他強忍住瀕臨爆發的某種沖動,耐着性子拍了拍陸研的屁股,聞聲誘導道:“放松點,你太緊了,再夾得這麽緊,我可就要忍不住弄疼你了。”
陸研害怕地身體一僵,眼眶裏全是生理性的眼淚,顫聲哀求道:“別……顧先生——!”
顧璟霖聞言皺了皺眉,對這稱呼不太滿意,覺得太生分了,于是道:“換個叫法。”說話同時,他感覺陸研下面沒那麽緊了,又嘗試着往裏推了些,然後小幅抽插起來。
陸研被頂得喘息呻吟不止,大腦完全是斷片的,根本想不出來稱呼能換什麽,意亂情迷之際被操得又叫主人又叫爸爸,還是那種邊哭邊抽泣着叫。
顧璟霖這輩子頭一次遇見這麽極品小美人,長得好看性格讨喜不說,在床上還能無意識地撩到飛起。
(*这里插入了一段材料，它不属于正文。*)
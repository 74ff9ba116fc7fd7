//! How a call ends before its last line is put.

use lola_replay::end::ReplayEnd;
use lola_report::end::EndLine;
use lola_save::end::StateEnd;
use lola_value::front::Refusal;
use lola_value::text::Text;

/// Why there is no plan.
#[derive(Clone, Copy)]
pub enum Unplanned {
    /// The specification was not given, or could not be read.
    Unreadable,
    Refused(Refusal),
    /// There is no memory.
    Memory,
}

/// Why there is no engine that goes on from a state.
#[derive(Clone, Copy)]
pub enum Unloaded {
    /// The state was not read, or is refused.
    Stated(StateEnd),
    /// There is no memory.
    Memory,
}

/// A call ends with a line, that of a run, of a drill, of a replay or of a state, or with a text, which is a report and its last line or a
/// state, or with a fault the lines before which could not be put, or with a failed put, or for want of memory.
#[derive(Drop)]
pub enum CallEnd {
    Line(EndLine),
    Drilled(EndLine),
    Report(Text),
    Replayed(ReplayEnd),
    Stated(StateEnd),
    CutFault,
    Put,
    Memory,
}
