//! A specification with its plan, and an engine that goes on from a saved state of it.

ghost use Rattle.std.specs.Prelude.{◌≡◌, ◌<◌, ◌≤◌, IfOk, MatchResult, Err, true};
ghost use Rattle.std.specs.List.{list_all};
ghost use Rattle.std.specs.Str.{is_utf8};
ghost use Rattle.lola_model.specs.Acceptance.{IsAccepted};
ghost use Rattle.lola_monitor.specs.Outcomes.{PlansName, ReadPlan};
ghost use Rattle.lola_monitor.specs.Replaying.{IsText};
ghost use Rattle.lola_monitor.specs.Stating.{EngineRead, Loaded, NoEngine, Unloads, refusal_of};

use crate::call_end::{Unloaded, Unplanned};
use crate::planning::plan_of;
use crate::reading::{read_name, read_text};
use lola_engine::engine::Engine;
use lola_front_law::texts::plan_texts_are_utf8;
use lola_instances::store::BoundedStore;
use lola_model::journal::Show;
use lola_model::plan::Plan;
use lola_port::{FetchEnd, Shelf};
use lola_save::end::StateEnd;
use lola_save::load::load;
use lola_save_read::read::ReadEnd;
use lola_save_text::journal_law::{start_serves_as_option, state_of_journal_is_saved};
use lola_save_text::law::one_state;
use std::alloc::Global;
use std::hash::RandomState;

/// The most bytes of a specification.
const MOST_BYTES: usize = 1048576;

/// A specification that was read: its bytes, and the plan that they were compiled to.
#[derive(Drop)]
pub struct ReadSpecification {
    pub bytes: Vec<u8>,
    pub plan: Plan,
}

/// Fetches a specification, reads it, gives its source back, and compiles it. The text literals of its plan are in UTF-8.
pub fn read_specification<F: Shelf>(
    alloc: Global,
    shelf: &mut F,
    name: &str,
) -> Result<ReadSpecification, Unplanned>
    requires { (F.state shelf.old).out < 65536 }
    ensures plan { MatchResult result (λ s. ReadPlan s.plan name.now (F.state shelf.old) (F.state shelf.new)) (λ end. PlansName (Err end) name.now (F.state shelf.old) (F.state shelf.new)) }
    ensures text { IfOk result (λ s. IsText ((F.state shelf.old).told name.now) s.bytes.items) }
    ensures literals { IfOk result (λ s. list_all is_utf8 s.plan.spec.texts ≡ true) }
{
    plan_texts_are_utf8();
    let bytes = match read_name(alloc, shelf, name, MOST_BYTES) {
        Ok(bytes) => bytes,
        Err(FetchEnd::Failed) => return Err(Unplanned::Unreadable),
        Err(FetchEnd::Memory) => return Err(Unplanned::Memory),
    };
    match plan_of(alloc, &bytes) {
        Ok(plan) => Ok(ReadSpecification { bytes, plan }),
        Err(end) => Err(end),
    }
}

// Why bytes are no state, as a call tells it.
fn refusal(end: ReadEnd) -> Unloaded
    ensures { result ≡ refusal_of end }
{
    match end {
        ReadEnd::Damaged(line) => Unloaded::Stated(StateEnd::Damaged(line)),
        ReadEnd::OtherSpec => Unloaded::Stated(StateEnd::OtherSpecification),
        ReadEnd::Memory => Unloaded::Memory,
    }
}

// An engine that goes on from the state whose text these bytes are.
fn load_engine(
    alloc: Global,
    hasher: RandomState,
    specification: &[u8],
    plan: Plan,
    bytes: &[u8],
    show: Show,
    workers: u32,
) -> Result<Engine<BoundedStore>, Unloaded>
    requires accepted { IsAccepted plan }
    requires texts { list_all is_utf8 plan.spec.texts ≡ true }
    requires workers { (1 ≤ workers) × (workers ≤ 64) }
    ensures { MatchResult result (λ engine. Loaded specification.now plan bytes.now show engine.state engine.store) (λ end. Unloads end specification.now plan bytes.now) }
{
    one_state(&plan);
    state_of_journal_is_saved(&plan);
    start_serves_as_option(&plan);
    match load(alloc, hasher, specification, plan, bytes, show, workers) {
        Ok(engine) => Ok(engine),
        Err(end) => Err(refusal(end)),
    }
}

/// Fetches a state of a plan, reads it, gives its source back, and makes an engine that goes on from it. The plan's specification is
/// given by its bytes.
pub fn read_engine<F: Shelf>(
    alloc: Global,
    hasher: RandomState,
    specification: &[u8],
    plan: Plan,
    name: &str,
    show: Show,
    workers: u32,
    shelf: &mut F,
) -> Result<Engine<BoundedStore>, Unloaded>
    requires out { (F.state shelf.old).out < 65536 }
    requires accepted { IsAccepted plan }
    requires texts { list_all is_utf8 plan.spec.texts ≡ true }
    requires workers { (1 ≤ workers) × (workers ≤ 64) }
    ensures { MatchResult result (λ engine. EngineRead specification.now plan show name.now engine.state engine.store (F.state shelf.old) (F.state shelf.new))
        (λ end. NoEngine end specification.now plan name.now (F.state shelf.old) (F.state shelf.new)) }
{
    let bytes = match read_text(alloc, shelf, name) {
        Ok(bytes) => bytes,
        Err(FetchEnd::Failed) => return Err(Unloaded::Stated(StateEnd::Unreadable)),
        Err(FetchEnd::Memory) => return Err(Unloaded::Memory),
    };
    match load_engine(alloc, hasher, specification, plan, &bytes, show, workers) {
        Ok(engine) => Ok(engine),
        Err(end) => Err(end),
    }
}
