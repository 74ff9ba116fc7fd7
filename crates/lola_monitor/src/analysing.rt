//! The report of a plan, with its last line.
ghost use Rattle.std.specs.Prelude.{◌≡◌, ◌≤◌, ◌<◌, filter, length, IfOk};
ghost use Rattle.lola_model.specs.Model.{is_input};
ghost use Rattle.lola_monitor.specs.Monitor.{analysis_text};

use lola_bounds::report::report;
use lola_model::plan::Plan;
use lola_report::end::{EndLine, end_line};
use lola_value::text::{Memory, Text};
use std::alloc::Global;

// The last line of an analysis. A plan of more windows than 32 bits number is answered with `Memory`.
fn last_line(plan: &Plan) -> Result<EndLine, Memory>
    requires { length plan.now.spec.streams ≤ 1024 }
    ensures { IfOk result (λ line. line ≡ EndLine.Analysed (length plan.now.spec.streams) (length plan.now.spec.windows)) }
{
    let windows = plan.spec.windows.as_slice().len();
    if windows > u32::MAX as usize {
        return Err(Memory);
    }
    Ok(EndLine::Analysed {
        streams: plan.spec.streams.as_slice().len() as u32,
        windows: windows as u32,
    })
}

/// What was found of a specification, and how many streams and windows it has.
pub fn analysis(alloc: Global, plan: &Plan) -> Result<Text, Memory>
    requires inputs { length (filter is_input plan.now.spec.streams) ≤ 64 }
    requires streams { length plan.now.spec.streams ≤ 1024 }
    ensures { IfOk result (λ text. text ≡ analysis_text plan.now) }
{
    let mut text = Text::from_bytes(alloc, b"")?;
    report(alloc, plan, &mut text)?;
    let line = last_line(plan)?;
    end_line(&line, &mut text)?;
    Ok(text)
}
他哭得越可憐,那一聲聲主人爸爸就顯得越發禁忌,越叫人按捺不住地想要欺負他。
簡直是個無解的死循環。
那天晚上,顧璟霖也不記得要了陸研多少次,到最後一室的荷爾蒙氣息香豔得令人發狂。直到窗外晨曦漸露,他才從那個被徹底開發過的部位抽出來,抱着已經累得精疲力盡的小家夥進了盥洗室。